What needs to be done: Copy the lines exactly. Begin at the first line of the data and stop after the line with "file of both".
--- Entries provided Enclosed Below ---
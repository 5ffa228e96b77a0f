//! A collected ingredient: the boxes of two stores joined, and a new store over them (C2PA Technical Specification 2.x, "Ingredient").
//!
//! Which boxes are joined, and where two stores clash, stands in `Sides`; what is asked of each store in `Stores`; which redactions
//! are refused in `Refusals`; what goes into the new store, and what it meets, in `Collected`; what its file meets in `Files`; what
//! is refused of a build, over both files and in its order, in `Order`; how long the new store is in `Lengths`; what the file of both
//! meets as a whole in `Whole`; what a plan and a build come to over their inputs in `Outcomes`, and what they ask of their judges in
//! `Asked`; and what such a file meets, and when there is one, in `Made`.
#![tactic(auto)]

mod laws;
mod outcomes;

pub use laws::{
    a_collected_file_is_refused_or_built, a_collected_file_meets_the_rules,
    a_collected_store_meets_the_rules, an_accepted_file_can_be_collected,
    each_collected_file_meets_the_rules, redactions_of_a_chain_may_be_made, some_file_is_collected,
    stores_join, the_length_of_a_collected_store_fits, two_files_are_refused_or_collected,
    what_is_collected_is_one, what_is_joined_is_reached,
};
pub use outcomes::{
    a_collected_build_asks_one_list, a_collected_build_comes_to_one_thing,
    a_collected_file_is_made, a_made_collected_file_meets_the_rules,
    each_collected_build_asks_a_list, each_collected_build_comes_to_something,
    some_collected_build_succeeds, unrefused_inputs_are_collected,
};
--- End of Enclosed Entries provided ---
Task response:
repository 5ffa228e96b77a0f
//! A collected ingredient: the boxes of two stores joined, and a new store over them (C2PA Technical Specification 2.x, "Ingredient").
//!
//! Which boxes are joined, and where two stores clash, stands in `Sides`; what is asked of each store in `Stores`; which redactions
//! are refused in `Refusals`; what goes into the new store, and what it meets, in `Collected`; what its file meets in `Files`; what
//! is refused of a build, over both files and in its order, in `Order`; how long the new store is in `Lengths`; what the file of both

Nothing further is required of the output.